(Stored entries)
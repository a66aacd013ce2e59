//! Descriptions of simulated cards, the table of mishaps, and what such a card does at each event.
//! `docs/CARDS.md` has the page for a user.
//!
//! Begin at `specs/Grammar.antt` and `specs/Described.antt` for descriptions, and at `specs/SimSteps.antt`, which says
//! what a simulator does at each call of a wire; of a command `specs/Heard.antt` says more. A `Behavior` is what the
//! card chooses at an event, and `MISHAPS` the table of those that a schedule names.
//!
//! - `CardDesc::parse` is Ok exactly where the text is a description with a capacity that its kind and unit can have.
//!   No text has two descriptions (`laws::one_description`). Each card has readable registers that tell its
//!   capacities.
//! - An event that is not legal or not in bounds changes nothing, and no block changes but those that an event
//!   addresses. What steps so keeps the tables of the card that it shows, for both kinds and every `Behavior` at each
//!   event (`proofs/SimKeeps.antt`).
//! - The card accepts a command exactly where it is legal at the card by the table's own definition, and in bounds
//!   from some position (`laws::accepts_exactly`). Each order that it reads from a frame is that of a line of the
//!   command table (`laws::orders_are_lines`).
#![tactic(auto)]

mod accepts;
mod behavior;
mod card_desc;
mod card_state;
mod choice;
mod commands;
mod csd;
mod describing;
mod description;
mod heard;
pub mod laws;
mod layout;
mod mishap;
mod phases;
mod places;
mod reading;
mod register;
mod replies;
mod rows;
mod start;
mod words;

pub use behavior::{Behavior, Deed, PROMPT, PhaseEnd, StatusError};
pub use card_desc::CardDesc;
pub use card_state::CardState;
pub use description::{Description, Size};
pub use heard::{Heard, heard_of};
pub use mishap::{MISHAPS, Mishap};
pub use phases::{
    cuts, end_seen, fails_later, length_fits, next_place, on_lines, phase_over, wait_end, waited,
    with_error,
};
pub use places::erased_places;
pub use register::copy_register;
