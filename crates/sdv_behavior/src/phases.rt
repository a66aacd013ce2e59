//! Data phases and waits of a simulated card.

ghost use Rattle.std.specs.Prelude.{◌≡◌, ◌<◌, ◌≤◌, ◌+◌, ◌^◌, IsTrue};
ghost use Rattle.sdv_card.specs.Legal.{recv_legal, recv_reg_legal, give_legal};
ghost use Rattle.sdv_card.specs.Phases.{after_wait};
ghost use Rattle.sdv_behavior.specs.Layout.{image_size};
ghost use Rattle.sdv_behavior.specs.SimSteps.{cuts, end_seen, fails_later, with_error, placed_at, phase_over, on_lines, length_fits, next_place, wait_end, waited_in, wait_state};

use crate::behavior::PhaseEnd;
use crate::card_desc::CardDesc;
use crate::card_state::CardState;
use sdv_card::state_table::{after_phase, after_wait};
use sdv_card::{DataEnd, Place, State, WaitEnd};

/// A data phase is cut.
pub fn cuts(phase: PhaseEnd) -> bool
    ensures { result ≡ cuts phase }
{
    match phase {
        PhaseEnd::Cut => true,
        _ => false,
    }
}

/// How a phase to the card ends for the host where the card has taken the blocks.
pub fn end_seen(phase: PhaseEnd) -> DataEnd
    ensures { result ≡ end_seen phase }
{
    match phase {
        PhaseEnd::CrcStatusLost => DataEnd::Cut,
        _ => DataEnd::Ok,
    }
}

/// A phase to the card ends well, and stores nothing.
pub fn fails_later(phase: PhaseEnd) -> bool
    ensures { result ≡ fails_later phase }
{
    match phase {
        PhaseEnd::FailsLater => true,
        _ => false,
    }
}

/// The card with an error that a later status shows.
pub fn with_error(s: CardState) -> CardState
    ensures { result ≡ with_error s }
{
    CardState {
        unshown_error: true,
        ..s
    }
}

/// The card at a place.
fn placed_at(place: &Place, s: &CardState) -> CardState
    ensures { result ≡ placed_at place.now s.now }
{
    CardState {
        state: place.state,
        transfer: place.transfer,
        ..*s
    }
}

/// Where the card is after a phase.
pub fn phase_over(moves: bool, end: DataEnd, s: &CardState) -> CardState
    ensures { result ≡ phase_over moves end s.now }
{
    match after_phase(s.transfer, end) {
        [] => *s,
        [_, second, ..] if moves => placed_at(second, s),
        [first, ..] => placed_at(first, s),
    }
}

/// A phase uses the card's data lines.
pub fn on_lines(s: &CardState, lines: u8) -> bool
    ensures { result ≡ on_lines s.now lines }
{
    lines == s.mode.width.lines()
}

/// A block phase has blocks, the partition in access has them, and a transfer that is not open has as many.
#[tactic(auto, using(crate::proofs::LayoutLaws::places))]
pub fn length_fits(desc: &CardDesc, s: &CardState, count: usize) -> bool
    ensures fits { result ≡ length_fits desc.now s.now count }
    ensures room { IsTrue result → next_place desc.now s.now + count ≤ image_size desc.now }
    ensures narrow { IsTrue result → next_place desc.now s.now + count < 2 ^ 64 }
{
    let count = count as u64;
    let size = desc.partition_size(s.mode.partition);
    1 <= count
        && s.next_block <= size
        && count <= size - s.next_block
        && (s.transfer.is_open() || count == u64::from(s.announced))
}

/// The place in the image of the next block of a transfer.
pub fn next_place(desc: &CardDesc, s: &CardState) -> u64
    requires { next_place desc.now s.now < 2 ^ 64 }
    ensures { result ≡ next_place desc.now s.now }
{
    desc.partition_place(s.mode.partition) + s.next_block
}

/// How a wait ends.
pub fn wait_end(ready: bool) -> WaitEnd
    ensures { result ≡ wait_end ready }
{
    if ready { WaitEnd::Ok } else { WaitEnd::Late }
}

/// The state after a wait.
fn waited_in(moves: bool, state: State, end: WaitEnd) -> State
    ensures { result ≡ waited_in moves (after_wait state end) state }
{
    match after_wait(state, end) {
        [] => state,
        [_, second, ..] if moves => *second,
        [first, ..] => *first,
    }
}

/// The card after a wait.
pub fn waited(moves: bool, end: WaitEnd, s: &CardState) -> CardState
    ensures { result ≡ wait_state moves s.now.state end s.now }
{
    CardState {
        state: waited_in(moves, s.state, end),
        ..*s
    }
}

#### ACTIVITY
As listed above, the lines from the line with "pub fn end_seen(phase: PhaseEnd) -> DataEnd" to the line with "match after_phase(s.transfer, end)" are to be echoed exactly, with both ends included and nothing added.

#### RESPONSE
pub fn end_seen(phase: PhaseEnd) -> DataEnd
    ensures { result ≡ end_seen phase }
{
    match phase {
        PhaseEnd::CrcStatusLost => DataEnd::Cut,
        _ => DataEnd::Ok,
    }
}

/// A phase to the card ends well, and stores nothing.
pub fn fails_later(phase: PhaseEnd) -> bool
    ensures { result ≡ fails_later phase }
{
    match phase {
        PhaseEnd::FailsLater => true,
        _ => false,
    }
}

/// The card with an error that a later status shows.
pub fn with_error(s: CardState) -> CardState
    ensures { result ≡ with_error s }
{
    CardState {
        unshown_error: true,
        ..s
    }
}

/// The card at a place.
fn placed_at(place: &Place, s: &CardState) -> CardState
    ensures { result ≡ placed_at place.now s.now }
{
    CardState {
        state: place.state,
        transfer: place.transfer,
        ..*s
    }
}

/// Where the card is after a phase.
pub fn phase_over(moves: bool, end: DataEnd, s: &CardState) -> CardState
    ensures { result ≡ phase_over moves end s.now }
{
    match after_phase(s.transfer, end) {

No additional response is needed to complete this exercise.